■ **Saved data entries**
______

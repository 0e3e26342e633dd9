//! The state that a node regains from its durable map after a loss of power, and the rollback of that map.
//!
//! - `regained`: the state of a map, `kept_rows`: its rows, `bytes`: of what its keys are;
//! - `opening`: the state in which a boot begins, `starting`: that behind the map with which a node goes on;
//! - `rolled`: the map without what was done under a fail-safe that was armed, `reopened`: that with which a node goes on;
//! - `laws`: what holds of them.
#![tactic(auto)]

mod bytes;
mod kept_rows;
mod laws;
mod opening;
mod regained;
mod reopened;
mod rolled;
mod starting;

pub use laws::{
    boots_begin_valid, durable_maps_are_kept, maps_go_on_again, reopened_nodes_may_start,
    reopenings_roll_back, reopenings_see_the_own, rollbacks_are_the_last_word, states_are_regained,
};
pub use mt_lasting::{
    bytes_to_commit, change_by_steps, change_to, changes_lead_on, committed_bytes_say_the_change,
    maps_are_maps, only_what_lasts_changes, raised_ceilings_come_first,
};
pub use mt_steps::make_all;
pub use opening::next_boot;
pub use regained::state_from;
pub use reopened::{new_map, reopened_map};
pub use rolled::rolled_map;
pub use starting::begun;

______

■ **Exercise goal**
Word-for-word copies of all the records are required.

■ **Reply to the exercise**
repository 0e3e26342e633dd9
//! The state that a node regains from its durable map after a loss of power, and the rollback of that map.
//!
//! - `regained`: the state of a map, `kept_rows`: its rows, `bytes`: of what its keys are;
//! - `opening`: the state in which a boot begins, `starting`: that behind the map with which a node goes on;
//! - `rolled`: the map without what was done under a fail-safe that was armed, `reopened`: that with which a node goes on;
//! - `laws`: what holds of them.
#![tactic(auto)]

mod bytes;
mod kept_rows;
mod laws;
mod opening;
mod regained;
mod reopened;
mod rolled;
mod starting;

pub use laws::{
    boots_begin_valid, durable_maps_are_kept, maps_go_on_again, reopened_nodes_may_start,
    reopenings_roll_back, reopenings_see_the_own, rollbacks_are_the_last_word, states_are_regained,
};
pub use mt_lasting::{
    bytes_to_commit, change_by_steps, change_to, changes_lead_on, committed_bytes_say_the_change,
    maps_are_maps, only_what_lasts_changes, raised_ceilings_come_first,
};
pub use mt_steps::make_all;
pub use opening::next_boot;
pub use regained::state_from;
pub use reopened::{new_map, reopened_map};
pub use rolled::rolled_map;
pub use starting::begun;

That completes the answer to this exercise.